If they get their hands on the keyboard, they’ll send any email they need to, to get that done. Because in business they would. Shut down departments that aren’t profitable. Lay off the teams that are too uppity. Call it efficiency. That’s par for the course in business. But government departments aren’t supposed to be profitable, by and large. Regulatory agencies are, by design, sort of uppity to the people trying to break the law. Businesses fail all the time but if a government fails that’s an actual crisis.
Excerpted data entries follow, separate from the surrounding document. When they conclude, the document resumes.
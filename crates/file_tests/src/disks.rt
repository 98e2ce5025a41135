//! Stores in files that are in memory, and what a stop leaves of them.
ghost use Rattle.std.specs.Prelude.{IsTrue, IfOk};

use office_store::{Handed, OpenFault, SqlKeep, adopt};
use site_core::read_site_text;
use sqlite::{Alter, Connection, FileStore, Files, Options};
use sqlite_disk::{Crash, Disk, Fuse, Memory};
use std::alloc::Global;
use std::test::Fail;
use test_fixtures::conversations::plans::PLANS;
use test_fixtures::conversations::{Exchange, exchanges};
use test_fixtures::samples::SITE;
use test_support::conversation::first_difference_for;
use test_support::stores::{rows_of, tell_of};
use yield_counts::{Count, Counted};

/// The keeper over a database in files in memory. [`over_files`] alone names it beside the methods that
/// have one: each call that names it costs the prover half a minute.
pub type SqlFiles = SqlKeep<FileStore<Fuse<Memory>>>;

/// When a store is stopped: how many calls its file and its log answer before they fail each further
/// one, and whether what wasn't synced is lost then, as where the power fails.
#[derive(Clone, Copy)]
pub struct Stop {
    pub file_calls: u64,
    pub log_calls: u64,
    pub loses_unsynced: bool,
}

impl Stop {
    /// How a keeper ends that is stopped so.
    pub fn ending(self) -> Ending {
        Ending::Stopped {
            loses_unsynced: self.loses_unsynced,
        }
    }
}

/// No stop.
pub const NO_STOP: Stop = Stop {
    file_calls: u64::MAX,
    log_calls: u64::MAX,
    loses_unsynced: false,
};

/// The bytes of a store: those of its file and those of its log.
#[derive(Drop)]
pub struct Store {
    pub file: Vec<u8>,
    pub log: Vec<u8>,
}

impl Store {
    /// The bytes of a store that isn't made yet.
    pub fn new(alloc: Global) -> Store {
        Store {
            file: Vec::new(alloc),
            log: Vec::new(alloc),
        }
    }

    /// Whether another store has the same bytes.
    pub fn is_same(&self, other: &Store) -> bool {
        self.file.as_slice() == other.file.as_slice() && self.log.as_slice() == other.log.as_slice()
    }

    /// The bytes of files, or none where there is no memory.
    pub fn of(alloc: Global, files: &Files<Fuse<Memory>>) -> Option<Store> {
        Some(Store {
            file: files.db.inner().bytes().to_vec(alloc).ok()?,
            log: files.log.inner().bytes().to_vec(alloc).ok()?,
        })
    }

    /// The bytes that a stop leaves of files, or none where there is no memory.
    fn left_of(
        alloc: Global,
        mut files: Files<Fuse<Memory>>,
        loses_unsynced: bool,
    ) -> Option<Store> {
        if loses_unsynced {
            files.db.crash();
            files.log.crash();
        }
        Store::of(alloc, &files)
    }
}

/// A file in memory that has these bytes, and answers so many calls. All tests take files of this one
/// type, since for each type the whole of the database is compiled once more.
pub fn file_of(alloc: Global, bytes: &[u8], calls: u64) -> Result<Fuse<Memory>, Fail>
    ensures { IfOk result (λ file. IsTrue (⟦<Fuse<Memory> as Disk>⟧.is_usable file)) }
{
    let mut memory = Memory::new(alloc);
    memory.write_at(0, bytes)?;
    memory.sync()?;
    let file = Fuse::new(memory, calls);
    if !file.may_be_used() {
        return Err(Fail::from("a file that can't be used"));
    }
    Ok(file)
}

/// A store that isn't opened: the number of the fault, and what is left.
#[derive(Drop)]
pub struct Unopened {
    pub fault: u8,
    pub left: Store,
}

/// How a keeper over files ends.
#[derive(Clone, Copy)]
pub enum Ending {
    /// It is closed.
    Closed,
    /// It is stopped: all that was written is left, or what was synced alone.
    Stopped { loses_unsynced: bool },
}

impl Ending {
    /// Whether it is closed.
    fn is_closed(self) -> bool {
        matches!(self, Ending::Closed)
    }

    /// Whether what wasn't synced is lost.
    fn loses_unsynced(self) -> bool {
        match self {
            Ending::Closed => false,
            Ending::Stopped { loses_unsynced } => loses_unsynced,
        }
    }
}

/// A keeper over the files of a store. It has no drop, so that nothing proves again how each part of a
/// database in files is dropped.
pub trait InFiles: Count {
    /// The keeper over files of these bytes for the site of a text, with a stop to come, or the fault
    /// and what the opening left.
    fn opened(
        alloc: Global,
        store: &Store,
        site: &str,
        stop: Stop,
    ) -> Result<Result<Self, Unopened>, Fail>;

    /// All that stands in files of these bytes once they are changed by SQL, as a text, and the bytes that
    /// they leave where they are closed. Nothing else opens them.
    fn changed(alloc: Global, store: &Store, change: &str) -> Result<(String, Store), Fail>;

    /// The bytes that it leaves where it ends, or none where it can't be closed.
    fn ended(self, alloc: Global, ending: Ending) -> Option<Store>;
}

/// A case of stores in files.
pub trait FilesCase {
    /// What differs first, as a text that is empty where nothing does.
    fn first_difference<K: InFiles>(alloc: Global) -> Result<String, Fail>;
}

/// What differs first in a case, over files in memory.
pub fn over_files<C: FilesCase>(alloc: Global) -> Result<String, Fail> {
    C::first_difference::<Counted<SqlFiles>>(alloc)
}

/// All that stands in a database once it is changed by SQL.
fn rows_after<S: Alter>(
    alloc: Global,
    conn: &mut Connection<S>,
    change: &str,
) -> Result<String, Fail> {
    conn.execute_batch(change)?;
    rows_of(alloc, conn)
}

/// A database in files in memory.
type InMemory = Connection<FileStore<Fuse<Memory>>>;

/// The database in files of these bytes, with a stop to come, or what the opening left.
fn connected(
    alloc: Global,
    store: &Store,
    stop: Stop,
) -> Result<Result<InMemory, Option<Store>>, Fail> {
    let files = Files {
        log: file_of(alloc, store.log.as_slice(), stop.log_calls)?,
        db: file_of(alloc, store.file.as_slice(), stop.file_calls)?,
    };
    match Connection::open_files(alloc, files, Options::new(7)) {
        Ok(conn) => Ok(Ok(conn)),
        Err((_, left)) => Ok(Err(Store::left_of(alloc, left.into_files(), stop.loses_unsynced))),
    }
}

/// The files of a database that is closed, or is left as it stands, and whether that went well.
fn files_of(conn: InMemory, is_closed: bool) -> (Files<Fuse<Memory>>, bool) {
    if !is_closed {
        return (conn.into_store().close(), true);
    }
    match conn.close_files() {
        Ok(files) => (files, true),
        Err((_, store)) => (store.close(), false),
    }
}

/// The store of what is handed back where no keeper is had.
fn store_of(handed: Handed<FileStore<Fuse<Memory>>>) -> FileStore<Fuse<Memory>> {
    match handed {
        Handed::Connection(conn) => conn.into_store(),
        Handed::Store(store) => store,
    }
}

/// A store that isn't opened, by its fault and what is left of it.
fn not_opened(fault: OpenFault, left: Option<Store>) -> Result<Unopened, Fail> {
    Ok(Unopened {
        fault: fault.number(),
        left: left.ok_or("no memory for what is left")?,
    })
}

impl InFiles for Counted<SqlFiles> {
    fn opened(
        alloc: Global,
        store: &Store,
        site: &str,
        stop: Stop,
    ) -> Result<Result<Counted<SqlFiles>, Unopened>, Fail> {
        let site = read_site_text(alloc, site)?;
        let conn = match connected(alloc, store, stop)? {
            Ok(conn) => conn,
            Err(left) => return Ok(Err(not_opened(OpenFault::Failed, left)?)),
        };
        match adopt(alloc, conn, &site) {
            Ok(keep) => Ok(Ok(Counted::over(alloc, keep))),
            Err((fault, handed)) => {
                let files = store_of(handed).close();
                let left = Store::left_of(alloc, files, stop.loses_unsynced);
                Ok(Err(not_opened(fault, left)?))
            }
        }
    }

    fn changed(alloc: Global, store: &Store, change: &str) -> Result<(String, Store), Fail> {
        let Ok(mut conn) = connected(alloc, store, NO_STOP)? else {
            return Err(Fail::from("the files aren't opened"));
        };
        let rows = rows_after(alloc, &mut conn, change);
        let (files, _) = files_of(conn, true);
        let left = Store::left_of(alloc, files, false);
        Ok((rows?, left.ok_or("no memory for what is left")?))
    }

    fn ended(self, alloc: Global, ending: Ending) -> Option<Store> {
        let (files, is_well) = files_of(self.into_keep().into_connection(), ending.is_closed());
        if !is_well {
            return None;
        }
        Store::left_of(alloc, files, ending.loses_unsynced())
    }
}

/// All that stands in a store in files, as a text.
pub fn rows_in<K: InFiles>(alloc: Global, store: &Store) -> Result<String, Fail> {
    let (rows, _) = K::changed(alloc, store, "")?;
    Ok(rows)
}

/// Whether a store in files tells of a text.
pub fn is_told<K: InFiles>(alloc: Global, store: &Store, text: &str) -> Result<bool, Fail> {
    let rows = rows_in::<K>(alloc, store)?;
    tell_of(alloc, rows.as_str(), text)
}

/// Opens a store for the site of a text and closes it: the number of the fault, or 0, and what is left.
pub fn opened_and_closed<K: InFiles>(
    alloc: Global,
    store: &Store,
    site: &str,
) -> Result<(u8, Store), Fail> {
    match K::opened(alloc, store, site, NO_STOP)? {
        Ok(keep) => Ok((
            0,
            keep.ended(alloc, Ending::Closed)
                .ok_or("the store isn't closed")?,
        )),
        Err(unopened) => Ok((unopened.fault, unopened.left)),
    }
}

/// Opens a store for the site of a text without a stop, makes exchanges and closes it: what differs first, and
/// what is left.
pub fn held_over<K: InFiles>(
    alloc: Global,
    store: &Store,
    site: &str,
    exchanges: &[Exchange<'_>],
) -> Result<(String, Store), Fail> {
    let Ok(mut keep) = K::opened(alloc, store, site, NO_STOP)? else {
        return Err(Fail::from("the store isn't opened"));
    };
    let found = first_difference_for(alloc, &mut keep, site, exchanges);
    let closed = keep.ended(alloc, Ending::Closed);
    Ok((found?, closed.ok_or("the store isn't closed")?))
}

/// All that stands in a store in files behind exchanges that each get their reply, where nothing stops them.
pub fn undisturbed<K: InFiles>(
    alloc: Global,
    store: &Store,
    site: &str,
    exchanges: &[Exchange<'_>],
) -> Result<String, Fail> {
    let (found, left) = held_over::<K>(alloc, store, site, exchanges)?;
    if !found.is_empty() {
        return Err(Fail::from(found));
    }
    rows_in::<K>(alloc, &left)
}

/// Holds a conversation over a store that is closed after each request and opened for the next one:
/// the first request that doesn't get its reply, and what it got.
fn first_difference_opened_anew<K: InFiles>(
    alloc: Global,
    conversation: &str,
) -> Result<String, Fail> {
    let mut store = Store::new(alloc);
    for exchange in exchanges(alloc, conversation)? {
        let (found, left) = held_over::<K>(alloc, &store, SITE, &[exchange])?;
        if !found.is_empty() {
            return Ok(found);
        }
        store = left;
    }
    Ok(String::new(alloc))
}

/// The conversations about plans, over a store that is opened anew for each request.
struct PlansOpenedAnew;

impl FilesCase for PlansOpenedAnew {
    fn first_difference<K: InFiles>(alloc: Global) -> Result<String, Fail> {
        for row in PLANS {
            let found = first_difference_opened_anew::<K>(alloc, row.1)?;
            if !found.is_empty() {
                return Ok(format!(in alloc; "{}: {found}", row.0)?);
            }
        }
        Ok(String::new(alloc))
    }
}

/// The conversations about plans, over a store whose files are closed after each request and opened
/// again.
#[test]
fn stores_are_opened_anew_between_requests(rt: HostRuntime) -> Result<(), Fail> {
    assert_eq!(rt; over_files::<PlansOpenedAnew>(rt.alloc())?.as_str(), "");
    Ok(())
}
Like, if you sit with it for a minute this is all obvious, right? Good government is about service, and support, and care, and protection, and organizing collective action for collective good — firefighters and roads and school lunches and vaccination programs and whistleblower protections — without the expectation that each of those programs generates cash profit. Government doesn’t have a profit-based business model because government isn’t a profit-based business. Government shouldn’t move fast and break things because government is civic infrastructure and breaking democracy doesn’t end well. The payoff isn’t quarterly earnings, the payoff is a just and thriving society.
Pretending that these things aren’t obviously true would be a small silly distraction of small silly men if it weren’t endangering, threatening, and killing people. But here we are.
This ain’t it
Look we’re not government policy wonks, and we’re not trying to give civics lessons to anyone. But when you tell us you’re doing a set of things in the name of treating it like a business, you’ve stepped into our lane. When you tell us that what government needs is more of the ruthlessly efficient management of the private sector, that intoxicating hum of a well-run team, you’re talking about a thing we are actually world experts in. Let us break it down for you.
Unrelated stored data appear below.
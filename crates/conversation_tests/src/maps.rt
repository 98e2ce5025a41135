//! Maps of many customers, by their numbers.
use office_core::{Keep, NewMap, OfCustomer, Write};
use std::alloc::Global;
use std::test::Fail;
use test_fixtures::samples::MAP;
use test_support::conversation::first_difference;
use test_support::keepers::{Fresh, KeeperCase, over_each};
use text_core::{Digest, Name, Text};

/// As many as sixteen customers may have.
const MAPS_OF_OTHERS: u64 = 256;

/// The sample, which has the number behind them, of two customers.
const SHARED: &str = r#"
a1 POST /v1/map {"nr":1,"text":"$MAP"}
200 {"map":"$DIGEST"}
b1 POST /v1/map {"nr":1,"text":"$MAP"}
200 {"map":"$DIGEST"}
a1 POST /v1/map {"nr":2,"text":"$MAP"}
200 {"map":"$DIGEST"}
"#;

/// Puts a map of another customer, with a text of its own.
fn add_map<K: Keep>(alloc: Global, keep: &mut K, number: u64) -> Result<(), Fail> {
    let name = format!(in alloc; "c{}", number / 16)?;
    let text = format!(in alloc; "{MAP}# {number}\n")?;
    let map = OfCustomer {
        customer: Name::parse(name.as_str()).ok_or("no name")?,
        row: NewMap {
            digest: Digest::of(text.as_bytes()),
            body: Text::from_string(text),
        },
    };
    let is_free = keep.map_with(map.row.body.as_str())?.is_none()
        && keep.link(&map.customer, &map.row.digest)?.is_none();
    if !is_free {
        return Err(Fail::from("the map is there"));
    }
    Ok(keep.commit(&[Write::AddMap(map)])?)
}

/// A map that two customers import once many others have theirs.
struct ManyMaps;

impl KeeperCase for ManyMaps {
    fn first_difference<K: Fresh>(&self, alloc: Global) -> Result<String, Fail> {
        let mut keep = K::fresh(alloc)?;
        for number in 0..MAPS_OF_OTHERS {
            add_map(alloc, &mut keep, number)?;
        }
        first_difference(alloc, &mut keep, SHARED)
    }
}

#[test]
fn maps_may_be_more_than_256(rt: HostRuntime) -> Result<(), Fail> {
    assert_eq!(rt; over_each(rt.alloc(), &ManyMaps)?.as_str(), "");
    Ok(())
}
Intentionally putting teams into chronic stress is not good management, it’s ideology. Sending conflicting orders within the same management chain is not good management, it’s incompetence. Understaffing critical roles is not good management, it’s poor impulse control. Midnight layoffs of gold-standard teams finding hundreds of millions in savings is not good management. Eliminating policies that drive transparency and accountability is not good management. Double-counting and faking your metrics is not good management. Forcing dedicated and decorated staff to resign based on their gender identity is not good fucking management. Eliminating a program literally focused on elevating great management is…well it’s not great.
In business, the notional backstop to all this is supposed to be those stock options. The shareholders want their stock to be worth more and the board acts on their behalf. The CEO gets a pile of stock options to ensure that their decisions align with what shareholders want. This is an arrangement that has caused all kinds of inequity and awfulness in the world, but the idea we’re all pitched is that at least it aligns incentives. That a CEO making decisions in their own best interests will end up doing right by the organization as well. That’s the foundational trickle-down story of business.
But the government doesn’t have stock options. When a CEO tells you they want to come in and “run the government like a business,” which business do they mean? Whose interests are being served? We can’t read their minds but we can look at their actions, and we can ask ourselves which model explains them best.
If this is what you meant when you said “run it like a business,” you should have just said “run it badly.”